# My New Schwinn Autocycle



## Rust_Trader (Sep 19, 2011)

Thanks to the CABE i came across this autocycle on this thread 

http://thecabe.com/vbulletin/showthread.php?12957-The-Award-for-Best-Craigslist-Picture-goes-to....

After a few weeks talking to the owner i finally made a decent deal and it finally arrive today from Indiana.

The frame i believe was repainted i rubbed some compound and a shinny maroon paint came out but no pinstriping designs so i assume this bike was all repainted???? 


serial number starts with Z i taken a picture if anyone can help me give me an idea of the year, the fork is not a locking fork.

The adjustable neck is all metal, the handlebars have 4 holes i assume its for the wiring of the cross speedo button cables.

Original fender bomb ornament 

Fenders dont have flat braces???  rear fender has a schwinn scripted reflector.

Front center drop wheel has a New Deaprture Front brake, back wheel has a new departure model D coster brake, also the axle has a spring at the end??> is it a 2 speed new departure hub brake???    If so does any one have the rest of the parts for sale? i included a picture of what im trying to describe.

Pogo Seat is all there without the leather 

Jewel tank has both reflectors that are schwinn scripted one is cracked, the inside side of the jewel has some writting on it pat pending numbers i would imagen??

Seiss lights with bracket one is missing a lense If anyone has ONE for sale i would be interested in buying it please let me know.


So this is what I got, I hope it's an autocycle but at least it has all the cool original parts of one.


----------



## Rust_Trader (Sep 19, 2011)

*pictures*

here are some pictures


----------



## Rust_Trader (Sep 19, 2011)

more pictures 















That little cup thing is a combination lock it looks that it has a chain inside but i couldnt open it, PLEASE  can the original owner PM me the combination. Thanks


----------



## Rust_Trader (Sep 19, 2011)

more pictures


----------



## Rust_Trader (Sep 19, 2011)

and some more


----------



## Rust_Trader (Sep 19, 2011)

I also need the right pedals, so what on this? I added some AS pedals but it came with some Wald metal pedals. 

Also does anyone have the clamps to hang the tank? I would be interested on a set of originals.

Thanks all.


----------



## Talewinds (Sep 19, 2011)

I'm not experienced enough with the prewar Schwinns to say with confidence, but you got what looks to me like a really nice bike there. Please show us more as you get it all put together!


----------



## old hotrod (Sep 19, 2011)

Looks great Santi...just what you were looking for....


----------



## Rust_Trader (Sep 19, 2011)

I have to clean it up and get a lense and the clamps for the tank to put it all together and I will take more pictures thanks I think this looks super cool. 

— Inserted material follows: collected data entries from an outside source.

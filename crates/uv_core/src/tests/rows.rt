//! What histories on a core show.

use super::plays::{Saw, Turn, does, ends, first_odd, new_core};
use crate::{Core, Torn, Used};
use std::test::Fail;
use uv_machine::{Answer, Word, first_bad};
use uv_num::{Errno, KINDS, Kind, Request};
use uv_pool::Deed;
use uv_pool::plain::PlainDeed;

const REG_MR: Request = Request::RegMr {
    pd: 0,
    length: 4_096,
    access: 0,
};

fn call(request: Request) -> Turn {
    Turn::Call {
        client: 1,
        file: 0,
        request,
    }
}

pub(super) fn made(handle: u32, index: u32, generation: u32) -> Saw {
    Saw::Ended(Answer::Made {
        handle,
        index,
        generation,
    })
}

pub(super) fn refused(errno: Errno) -> Saw {
    Saw::Ended(Answer::Refused(errno))
}

fn used(object: u32, kind: Kind, index: u32, generation: u32) -> Saw {
    Saw::Used(Some(Used {
        object,
        kind,
        index,
        generation,
    }))
}

pub(super) fn killed(object: u32, kind: Kind, handle: u32) -> Saw {
    Saw::Killed {
        object,
        kind,
        handle,
    }
}

const OPEN: Turn = Turn::Open {
    client: 1,
    file: 0,
    device: 0,
};

const STEP: Turn = Turn::Step { client: 2 };

#[test]
fn what_is_used_is_destroyed_after_its_user(rt: HostRuntime) -> Result<(), Fail> {
    let mut core = new_core(rt.alloc())?;
    let turns = [
        (Turn::Device { file: 0 }, Saw::Device(None)),
        (OPEN, Saw::Done),
        (OPEN, Saw::Refused(Errno::Inval)),
        (Turn::Device { file: 0 }, Saw::Device(Some(0))),
        (call(Request::AllocPd), made(0, 0, 0)),
        (call(REG_MR), made(1, 0, 0)),
        (
            Turn::Use {
                object: 1,
                place: 0,
            },
            used(0, Kind::Pd, 0, 0),
        ),
        (
            Turn::Use {
                object: 1,
                place: 1,
            },
            Saw::Used(None),
        ),
        (
            Turn::Use {
                object: 0,
                place: 0,
            },
            Saw::Used(None),
        ),
        (call(Request::DeallocPd { pd: 0 }), refused(Errno::Busy)),
        (call(Request::DeregMr { mr: 1 }), Saw::Ended(Answer::Ok)),
        (
            Turn::Use {
                object: 1,
                place: 0,
            },
            Saw::Used(None),
        ),
        (call(Request::DeallocPd { pd: 0 }), Saw::Ended(Answer::Ok)),
        (call(Request::DeallocPd { pd: 0 }), refused(Errno::NoEnt)),
        (call(Request::AllocPd), made(0, 1, 0)),
        (Turn::Spare { client: 1 }, Saw::Spare(20_000)),
        (
            Turn::Refuse {
                client: 1,
                file: 0,
                request: Request::AllocPd,
            },
            Saw::Refused(Errno::NoMem),
        ),
        (
            Turn::Refuse {
                client: 1,
                file: 3,
                request: Request::AllocPd,
            },
            Saw::Refused(Errno::BadF),
        ),
        (Turn::Spare { client: 1 }, Saw::Spare(19_998)),
        (Turn::Spare { client: 2 }, Saw::Spare(20_000)),
    ];
    assert_eq!(rt; first_odd(&mut core, rt.alloc(), &turns), None);
    Ok(())
}

const BIND: Request = Request::BindMw {
    mw: 1,
    mr: Some(2),
    offset: 0,
    length: 64,
    access: 0,
};

#[test]
fn a_pulled_devices_file_is_torn_down_and_then_closed(rt: HostRuntime) -> Result<(), Fail> {
    let mut core = new_core(rt.alloc())?;
    let begins = [
        (OPEN, Saw::Done),
        (
            Turn::Open {
                client: 2,
                file: 1,
                device: 1,
            },
            Saw::Done,
        ),
        (call(Request::AllocPd), made(0, 0, 0)),
        (call(Request::AllocMw { pd: 0 }), made(1, 0, 0)),
        (
            call(Request::RegMr {
                pd: 0,
                length: 4_096,
                access: 16,
            }),
            made(2, 0, 0),
        ),
        (
            Turn::Enter {
                client: 2,
                file: 0,
                request: BIND,
            },
            Saw::Done,
        ),
        (STEP, Saw::Went(Word::Look)),
        (STEP, Saw::Went(Word::Look)),
        (STEP, Saw::Acted(Kind::Mw, 0, 0, Answer::Ok)),
        (call(Request::DeallocPd { pd: 0 }), refused(Errno::Busy)),
        (STEP, Saw::Went(Word::Free)),
        (STEP, Saw::Went(Word::Free)),
        (STEP, Saw::Ended(Answer::Ok)),
        (
            Turn::Use {
                object: 1,
                place: 1,
            },
            used(2, Kind::Mr, 0, 0),
        ),
        (
            Turn::Enter {
                client: 2,
                file: 0,
                request: Request::AllocPd,
            },
            Saw::Done,
        ),
        (STEP, Saw::Went(Word::Reserve)),
    ];
    assert_eq!(rt; first_odd(&mut core, rt.alloc(), &begins), None);
    let tears = [
        (Turn::Tear { device: 0, file: 0 }, Saw::Barred),
        (Turn::Unplug { device: 0 }, Saw::Done),
        (Turn::Unplug { device: 0 }, Saw::Refused(Errno::Io)),
        (
            Turn::Tear { device: 0, file: 1 },
            Saw::Torn(Torn::Refused(Errno::BadF)),
        ),
        (Turn::Tear { device: 0, file: 0 }, Saw::Torn(Torn::Began)),
        (Turn::Sweep { by: 9, file: 0 }, Saw::NotYet(1)),
        (Turn::Close { by: 1, file: 0 }, Saw::Torn(Torn::NotYet(9))),
        (STEP, Saw::Planted(3, Kind::Pd)),
        (STEP, Saw::Went(Word::Commit)),
        (STEP, made(3, 1, 0)),
        (Turn::Sweep { by: 9, file: 0 }, killed(3, Kind::Pd, 3)),
        (Turn::Sweep { by: 9, file: 0 }, killed(1, Kind::Mw, 1)),
        (Turn::Sweep { by: 9, file: 0 }, killed(2, Kind::Mr, 2)),
        (Turn::Sweep { by: 9, file: 0 }, killed(0, Kind::Pd, 0)),
        (Turn::Sweep { by: 9, file: 0 }, Saw::Done),
        (
            Turn::Use {
                object: 1,
                place: 0,
            },
            Saw::Used(None),
        ),
        (Turn::Device { file: 0 }, Saw::Device(Some(0))),
        (call(Request::DeallocPd { pd: 0 }), Saw::Ended(Answer::Ok)),
        (call(Request::GetAsync), Saw::Ended(Answer::Event)),
        (call(Request::GetAsync), refused(Errno::Io)),
        (Turn::Close { by: 1, file: 0 }, Saw::Torn(Torn::Began)),
        (Turn::Sweep { by: 1, file: 0 }, Saw::Done),
        (Turn::Close { by: 10, file: 1 }, Saw::Torn(Torn::Began)),
        (Turn::Sweep { by: 10, file: 1 }, Saw::Done),
    ];
    assert_eq!(rt; first_odd(&mut core, rt.alloc(), &tears), None);
    let Some((history, pools)) = ends(core) else {
        return Err(Fail::from("a file is not over"));
    };
    assert_eq!(rt; first_bad(rt.alloc(), history.as_slice())?, None);
    assert_eq!(rt; pools.len(), KINDS);
    Ok(())
}

#[test]
fn the_65th_domain_finds_no_cell(rt: HostRuntime) -> Result<(), Fail> {
    let mut core = new_core(rt.alloc())?;
    assert_eq!(rt; does(&mut core, rt.alloc(), OPEN), Saw::Done);
    for index in 0..64 {
        assert_eq!(rt;
            does(&mut core, rt.alloc(), call(Request::AllocPd)),
            made(index, index, 0)
        );
    }
    assert_eq!(rt;
        does(&mut core, rt.alloc(), call(Request::AllocPd)),
        refused(Errno::NoSpc)
    );
    Ok(())
}

fn sent<T: Send>(value: T) -> T {
    value
}

/// A core may go to another thread where its deeds may.
fn crosses<D: Deed + Send>(core: Core<D>) -> Core<D> {
    sent(core)
}

#[test]
fn a_core_goes_to_another_thread(rt: HostRuntime) -> Result<(), Fail> {
    let core: Core<PlainDeed> = crosses(new_core(rt.alloc())?);
    assert_eq!(rt; core.spare(8), 20_000);
    Ok(())
}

Hey Dave I found one  and I only paid 32.5% of his asking price for it I think it was a good deal :0.  


I finally have an original fender bomb ornament lol that's what excited me the most.


----------



## Dave K (Sep 19, 2011)

Wow cool Autocycle!!!!!!   Looking forward to seeing it all put together


----------



## J.C. (Sep 19, 2011)

*Great bike.  The pedals would be Torrington 10s*


----------



## Rust_Trader (Sep 19, 2011)

J.C. said:


> *Great bike.  The pedals would be Torrington 10s*







Oh cool thanks JC.


----------



## kccomet (Sep 20, 2011)

you posted to my goodrich motorbike thread. you were waiting for your autocycle said what you paid for it. looking at the first few pics thought the bike was pretty rough. then saw pics of the tank, great tank. you did well really well. these motorbikes are bringing some killer money now. almost everything is down from 4 or 5 years ago but these bikes are bringing more. buff it out put it together and you have one of the more desireable bikes in the hobby. congrats show some more pics when together


----------



## Rust_Trader (Sep 20, 2011)

kccomet said:


> you posted to my goodrich motorbike thread. you were waiting for your autocycle said what you paid for it. looking at the first few pics thought the bike was pretty rough. then saw pics of the tank, great tank. you did well really well. these motorbikes are bringing some killer money now. almost everything is down from 4 or 5 years ago but these bikes are bringing more. buff it out put it together and you have one of the more desireable bikes in the hobby. congrats show some more pics when together







Your motorbike is sweet, I got a thing about bicycles that they have to be original paint in order for me to keep lol, but an exception has been made in this autocycle. The tank is nice dent free but the bottom has some rust holes but for $1300 i can't complain it still looks good, it has a nice switch, and nice horn unit inside, the door shuts nice and everything is pretty straight. What motivated me to buy it was the fender bomb ornament I would have paid $1000 for one alone. So I'm happy With my new bike purchase.


----------



## miller32 (Sep 20, 2011)

Congrats on your bike!  Great little Autocycle.  We went to look at the bike a while back...but the guy (at the time) was pretty firm on his price.  I love the patina on the tank....even with the condition of the bottom.  That bike had a small brake on the front....!  Love that too.  Again...congrats and a great price!!!!


----------



## Rust_Trader (Sep 20, 2011)

miller32 said:


> Congrats on your bike!  Great little Autocycle.  We went to look at the bike a while back...but the guy (at the time) was pretty firm on his price.  I love the patina on the tank....even with the condition of the bottom.  That bike had a small brake on the front....!  Love that too.  Again...congrats and a great price!!!!




Thanks, 

The old owner did tell me a lot of people were interested but no serious buyers, I bugged him for 2 weeks to sell it to me because he didn't want to get paid thru paypal till he said a postal money order was good. 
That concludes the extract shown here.